» **Data excerpts**
*** Block opens ***

//! What a session solves in.

ghost use Rattle.std.specs.Prelude.{◌≡◌, ◌≤◌, ◌++◌, Bool, List, true, length, IfSome};
ghost use Rattle.asg_admit.specs.Reduced.{IsReduced};
ghost use Rattle.asg_algebra.specs.Ended.{EndsIn, last_of};
ghost use Rattle.asg_growth.specs.Growing.{IsAbsorbed};
ghost use Rattle.asg_algebra.specs.Solved.{HasSolved, unmatched};
ghost use Rattle.asg_match.specs.Matching.{AllAllowed};
ghost use Rattle.asg_model.specs.Shapes.{square_side};
ghost use Rattle.asg_proof.specs.Phases.{PhaseOf, AreAdmittedPhases};
ghost use Rattle.asg_pool.specs.Forest.{IsLive};
ghost use Rattle.asg_square.specs.Cells.{square_cell};
ghost use Rattle.asg_square.specs.Grid.{cell_at};
ghost use Rattle.asg_kept_phases.specs.PhaseChains.{phases_in, IsPhaseChain};
ghost use Rattle.asg_repair.specs.Sessions.{AreAbsorbed, AreAbsorbedAfter, AreTogether};
ghost use Rattle.asg_repair.specs.Sessions.{IsSized};
ghost use Rattle.asg_kept_phases.specs.Led.{IsLed, MaySolve};

use crate::absorbed_cells::prune_absorbed;
use crate::refilled_squares::refill;
use asg_admit::Reduced;
use asg_algebra::{Bench, Solved, solve};
use asg_kept_phases::{PhaseChain, settle_trails};
use asg_match::Matching;
use asg_model::Instance;
use asg_order::{DMonoid, Kind, Ordered};
use asg_pool::{Region, Trail};

/// A reduced square with a matching of its rows, the memory of a solver, a column for each row, and
/// places for the steps of a phase.
#[derive(Drop)]
pub(crate) struct Work<V: Copy> {
    pub(crate) reduced: Reduced<V>,
    pub(crate) matching: Matching,
    pub(crate) bench: Bench<V>,
    pub(crate) columns: Vec<u32>,
    pub(crate) room: Vec<V>,
}

// Makes the square anew from the instance and the phases, the way to the last of which is told, and
// takes its column from each row whose cell isn't absorbed there.
fn rebuild<K: Kind>(
    kind: &K,
    inst: &Instance,
    work: &mut Work<<K::M as Ordered>::Value>,
    phases: &PhaseChain<<K::M as Ordered>::Value>,
)
    requires may_solve { MaySolve (K.M.monoid_of (K.monoid kind.now)) (K.entered kind.now)
        (K.objective kind.now) (K.reach kind.now) inst.now }
    requires sized { IsSized inst.now work.old }
    requires chain { IsPhaseChain phases.now }
    requires told { phases.now.is_told ≡ true }
    requires region_side { phases.now.region.side ≡ square_side inst.now }
    requires admitted { AreAdmittedPhases (K.M.monoid_of (K.monoid kind.now))
        (K.M.difference (K.monoid kind.now)) (square_side inst.now) (phases_in phases.now)
        (square_cell inst.now (K.M.monoid_of (K.monoid kind.now)).unit (K.entered kind.now)) }
    ensures sized { IsSized inst.now work.new }
    ensures led { IsLed (K.M.monoid_of (K.monoid kind.now)) (K.M.difference (K.monoid kind.now))
        (K.entered kind.now) inst.now (phases_in phases.now) work.new.reduced }
    ensures absorbed { AreAbsorbed (K.M.monoid_of (K.monoid kind.now)) work.new.reduced
        work.new.matching }
    ensures fewer { AreAbsorbedAfter (K.M.monoid_of (K.monoid kind.now))
        (K.M.difference (K.monoid kind.now)) (K.entered kind.now) inst.now (phases_in phases.now)
        work.old.matching → unmatched work.new.matching ≤ unmatched work.old.matching }
{
    refill(kind, inst, &mut work.reduced);
    let m = kind.monoid();
    settle_trails(
        m,
        &mut work.reduced,
        &phases.region,
        &phases.way,
        &mut work.room,
    );
    prune_work(m, work);
}

/// Makes the square that of the instance after the phases, where it isn't, and takes its column
/// from each row whose cell isn't absorbed there. It takes no memory. The time is that of filling
/// the square and of settling each phase.
pub(crate) fn lead<K: Kind>(
    kind: &K,
    inst: &Instance,
    work: &mut Work<<K::M as Ordered>::Value>,
    phases: &PhaseChain<<K::M as Ordered>::Value>,
    is_led: bool,
)
    requires may_solve { MaySolve (K.M.monoid_of (K.monoid kind.now)) (K.entered kind.now)
        (K.objective kind.now) (K.reach kind.now) inst.now }
    requires sized { IsSized inst.now work.old }
    requires chain { IsPhaseChain phases.now }
    requires region_side { phases.now.region.side ≡ square_side inst.now }
    requires together { (cut : Bool) × AreTogether (K.M.monoid_of (K.monoid kind.now))
        (K.M.difference (K.monoid kind.now)) (K.entered kind.now) inst.now work.old phases.now
        is_led cut }
    ensures sized { IsSized inst.now work.new }
    ensures led { IsLed (K.M.monoid_of (K.monoid kind.now)) (K.M.difference (K.monoid kind.now))
        (K.entered kind.now) inst.now (phases_in phases.now) work.new.reduced }
    ensures absorbed { AreAbsorbed (K.M.monoid_of (K.monoid kind.now)) work.new.reduced
        work.new.matching }
    ensures fewer { AreAbsorbedAfter (K.M.monoid_of (K.monoid kind.now))
        (K.M.difference (K.monoid kind.now)) (K.entered kind.now) inst.now (phases_in phases.now)
        work.old.matching → unmatched work.new.matching ≤ unmatched work.old.matching }
{
    if !is_led {
        rebuild(kind, inst, work, phases);
    }
}

/// Solves on from the phases, as the engine does: at most one more phase for each row that has no
/// column. It takes no memory.
pub(crate) fn solve_on<K: Kind>(
    kind: &K,
    inst: &Instance,
    work: &mut Work<<K::M as Ordered>::Value>,
    phases: &mut PhaseChain<<K::M as Ordered>::Value>,
) -> Solved
    requires may_solve { MaySolve (K.M.monoid_of (K.monoid kind.now)) (K.entered kind.now)
        (K.objective kind.now) (K.reach kind.now) inst.now }
    requires sized { IsSized inst.now work.old }
    requires chain { IsPhaseChain phases.old }
    requires region_side { phases.old.region.side ≡ square_side inst.now }
    requires spare { square_side inst.now ≤ phases.old.region.spare }
    requires led { IsLed (K.M.monoid_of (K.monoid kind.now)) (K.M.difference (K.monoid kind.now))
        (K.entered kind.now) inst.now (phases_in phases.old) work.old.reduced }
    requires absorbed { AreAbsorbed (K.M.monoid_of (K.monoid kind.now)) work.old.reduced
        work.old.matching }
    ensures more { (more : List (PhaseOf K.M.Value))
        × (phases_in phases.new ≡ phases_in phases.old ++ more)
        × (length more ≤ unmatched work.old.matching) }
    ensures sized { IsSized inst.now work.new }
    ensures chain { IsPhaseChain phases.new }
    ensures region_side { phases.new.region.side ≡ square_side inst.now }
    ensures led { IsLed (K.M.monoid_of (K.monoid kind.now)) (K.M.difference (K.monoid kind.now))
        (K.entered kind.now) inst.now (phases_in phases.new) work.new.reduced }
    ensures absorbed { AreAbsorbed (K.M.monoid_of (K.monoid kind.now)) work.new.reduced
        work.new.matching }
    ensures ends { EndsIn (K.M.monoid_of (K.monoid kind.now)) work.new.reduced work.new.matching
        work.new.bench.rows result }
{
    let _side = inst.side();
    let _spare = phases.region.spare();
    let trail = phases.last;
    let ended = solve_with(
        kind,
        &mut work.reduced,
        &mut work.matching,
        &mut work.bench,
        &mut phases.region,
        trail,
    );
    phases.last = last_trail(&ended);
    phases.is_told = false;
    ended
}

// Solves by the monoid of a kind.
fn solve_with<K: Kind>(
    kind: &K,
    reduced: &mut Reduced<<K::M as Ordered>::Value>,
    matching: &mut Matching,
    bench: &mut Bench<<K::M as Ordered>::Value>,
    region: &mut Region<<K::M as Ordered>::Value>,
    trail: Option<Trail>,
) -> Solved
    requires reduced { IsReduced (K.M.monoid_of (K.monoid kind.now)) reduced.old }
    requires columns { AreAbsorbed (K.M.monoid_of (K.monoid kind.now)) reduced.old matching.old }
    requires bench_side { bench.old.side ≡ reduced.old.now.side }
    requires region_side { region.old.side ≡ reduced.old.now.side }
    requires spare { unmatched matching.old ≤ region.old.spare }
    requires live { IfSome trail (IsLive region.old) }
    ensures solved { HasSolved (K.M.monoid_of (K.monoid kind.now))
        (K.M.difference (K.monoid kind.now)) reduced.old reduced.new matching.old matching.new
        region.old region.new trail (last_of result) }
    ensures ends { EndsIn (K.M.monoid_of (K.monoid kind.now)) reduced.new matching.new
        bench.new.rows result }
    ensures bench_side { bench.new.side ≡ bench.old.side }
{
    solve(kind.monoid(), reduced, matching, bench, region, trail)
}

/// The last trail.
pub(crate) fn last_trail(ended: &Solved) -> Option<Trail>
    ensures { result ≡ last_of ended.now }
{
    match ended {
        Solved::Perfect(last) | Solved::Short(last) => *last,
    }
}

/// Takes its column from each row whose cell isn't absorbed. It takes no memory.
pub(crate) fn prune_work<M: DMonoid>(m: &M, work: &mut Work<M::Value>)
    requires reduced { IsReduced (M.monoid_of m.now) work.old.reduced }
    requires side { length work.old.matching ≡ work.old.reduced.now.side }
    ensures reduced { work.new.reduced ≡ work.old.reduced }
    ensures bench { work.new.bench ≡ work.old.bench }
    ensures columns { work.new.columns ≡ work.old.columns }
    ensures room { work.new.room ≡ work.old.room }
    ensures absorbed { AreAbsorbed (M.monoid_of m.now) work.new.reduced work.new.matching }
    ensures fewer { AllAllowed (IsAbsorbed (M.monoid_of m.now) work.old.reduced.index
        (cell_at work.old.reduced.now)) work.old.matching
        → unmatched work.new.matching ≤ unmatched work.old.matching }
{
    let _side = work.matching.side();
    let index = work.reduced.index;
    prune_absorbed(m, &work.reduced.now, index, &mut work.matching);
    let _side = work.matching.side();
}
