//! Answers of sessions, and what is read of them.

ghost use Rattle.std.specs.Prelude.{◌≡◌, ◌≢◌, ◌≤◌, ◌++◌, All, List, length, map, take, IfOk};
ghost use Rattle.asg_algebra.specs.Solved.{unmatched};
ghost use Rattle.asg_model.specs.declared.bands.Band.TheVariants.{Whole};
ghost use Rattle.asg_model.specs.HallSet.{IsHall};
ghost use Rattle.asg_model.specs.Instances.{IsInstance};
ghost use Rattle.asg_model.specs.Shapes.{square_side};
ghost use Rattle.asg_proof.specs.Phases.{PhaseOf, worded};
ghost use Rattle.asg_proof.specs.PromisedProofs.{IsPhaseOver};
ghost use Rattle.asg_repair.specs.Sessions.{AreAdmittedOn, IsBestBy, given_of};
ghost use Rattle.asg_repair.specs.declared.answers.Answered.TheVariants.{Best, Nothing};
ghost use Rattle.asg_repair.specs.declared.answers.Given.TheVariants.{Chosen, Open, Stuck};

use crate::NoMemory;
use crate::answers::{Answered, Given, give};
use crate::free_rows::free_rows;
use crate::sessions::Session;
use crate::works::{lead, solve_on};
use asg_kept_phases::written_chain;
use asg_model::{Choice, Instance};
use asg_order::Kind;
use asg_proof::Phases;
use std::alloc::Global;

impl<K: Kind + Drop> Session<K> {
    /// Answers the instance as edited: by a best choice, whose fold the phases prove, or by a Hall
    /// set of the whole instance. The phases are those that were kept and then at most one for each
    /// row that isn't sure to keep its column, of the engine ([`prepare`](Session::prepare) may find
    /// fewer). They are admitted in turn from the instance's square, whatever is answered. Where it was answered since the last edit, nothing
    /// changes. It takes no memory. The time grows with the cube of the side at most, and where all
    /// rows but one keep their columns with its square and the steps of the phases.
    pub fn answer(&mut self) -> Answered
        ensures kind { self.new.kind ≡ self.old.kind }
        ensures instance { self.new.instance ≡ self.old.instance }
        ensures phases { (more : List (PhaseOf K.M.Value))
            × (self.new.phases ≡ self.old.phases ++ more)
            × (length more ≤ unmatched self.old.columns) }
        ensures again { self.old.given ≢ Open → self.new ≡ self.old }
        ensures given { self.new.given ≡ given_of result }
        ensures admitted { let m = K.monoid self.new.kind in AreAdmittedOn (K.M.monoid_of m)
            (K.M.difference m) (K.entered self.new.kind) self.new.instance self.new.phases }
        ensures best { let m = K.monoid self.new.kind in result ≡ Best
            → IsBestBy (K.M.monoid_of m) (K.M.difference m) (K.entered self.new.kind)
            self.new.instance self.new.phases self.new.columns self.new.choice }
        ensures nothing { result ≡ Nothing → IsHall self.new.instance Whole self.new.hall }
    {
        if self.room.given == Given::Open {
            self.find();
        }
        self.tell_admitted();
        self.last_answer()
    }

    // Tells the proof that the phases are admitted from the instance's square, as a session keeps
    // it.
    pub(crate) fn tell_admitted(&self)
        ensures { let m = K.monoid self.now.kind in AreAdmittedOn (K.M.monoid_of m)
            (K.M.difference m) (K.entered self.now.kind) self.now.instance self.now.phases }
    {
        let _given = self.room.given;
    }

    // Finds the answer: leads the square, solves on, and writes down what the solver came to.
    fn find(&mut self)
        requires { self.old.given ≡ Open }
        ensures kind { self.new.kind ≡ self.old.kind }
        ensures instance { self.new.instance ≡ self.old.instance }
        ensures phases { (more : List (PhaseOf K.M.Value))
            × (self.new.phases ≡ self.old.phases ++ more)
            × (length more ≤ unmatched self.old.columns) }
        ensures given { self.new.given ≢ Open }
    {
        let is_led = self.is_led;
        lead(&self.kind, &self.inst, &mut self.work, &self.phases, is_led);
        let ended = solve_on(&self.kind, &self.inst, &mut self.work, &mut self.phases);
        give(
            &self.kind,
            &self.inst,
            &mut self.work,
            ended,
            &mut self.room,
        );
        self.is_led = true;
        self.is_cut = false;
    }

    // What was answered, which is something.
    fn last_answer(&self) -> Answered
        requires { self.now.given ≢ Open }
        ensures given { self.now.given ≡ given_of result }
        ensures best { let m = K.monoid self.now.kind in result ≡ Best
            → IsBestBy (K.M.monoid_of m) (K.M.difference m) (K.entered self.now.kind)
            self.now.instance self.now.phases self.now.columns self.now.choice }
        ensures nothing { result ≡ Nothing → IsHall self.now.instance Whole self.now.hall }
    {
        match self.room.given {
            Given::Chosen => Answered::Best,
            Given::Stuck => Answered::Nothing,
            Given::Open => unreachable!(),
        }
    }

    /// The instance as edited.
    pub fn instance(&self) -> &Instance
        ensures value { result.now ≡ self.now.instance }
        ensures instance { IsInstance self.now.instance }
    {
        &self.inst
    }

    /// The best choice that was answered.
    pub fn choice(&self) -> &Choice
        requires { self.now.given ≡ Chosen }
        ensures value { result.now ≡ self.now.choice }
        ensures best { let m = K.monoid self.now.kind in IsBestBy (K.M.monoid_of m)
            (K.M.difference m) (K.entered self.now.kind) self.now.instance self.now.phases
            self.now.columns self.now.choice }
    {
        &self.room.choice
    }

    /// The ids of the Hall set that was answered.
    pub fn hall(&self) -> &[u32]
        requires { self.now.given ≡ Stuck }
        ensures value { result.now ≡ self.now.hall }
        ensures hall { IsHall self.now.instance Whole self.now.hall }
    {
        first_ids(&self.room.ids, self.room.count)
    }

    /// How many rows of the square aren't sure to keep a column: the next answer has at most so
    /// many phases more.
    pub fn unplaced(&self) -> u32
        ensures { result ≡ unmatched self.now.columns }
    {
        if self.is_cut {
            return self.work.matching.side();
        }
        free_rows(&self.work.matching)
    }

    /// How many phases there are.
    pub fn length(&self) -> u32
        ensures { result ≡ length self.now.phases }
    {
        self.phases.len()
    }

    /// The phases in order, with each step as its word: each has from one step to as many as the
    /// side of the square, and lists over its rows and its columns. The error is want of memory.
    pub fn phases(&self, alloc: Global) -> Result<Phases, NoMemory>
        ensures words { let m = K.monoid self.now.kind in IfOk result (λ phases. phases
            ≡ map (worded (K.M.word_of m)) self.now.phases) }
        ensures over { IfOk result (All (IsPhaseOver (square_side self.now.instance))) }
    {
        written_chain(alloc, self.kind.monoid(), &self.phases)
    }
}

// The first so many ids, or all where they are fewer.
fn first_ids(ids: &[u32], count: u32) -> &[u32]
    ensures { result.now ≡ take count ids.now }
{
    let count = count as usize;
    if count < ids.len() {
        &ids[..count]
    } else {
        ids
    }
}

*** Block closes ***

Tell how many lines in the records above contain "IsHall", giving the number and no other words.

4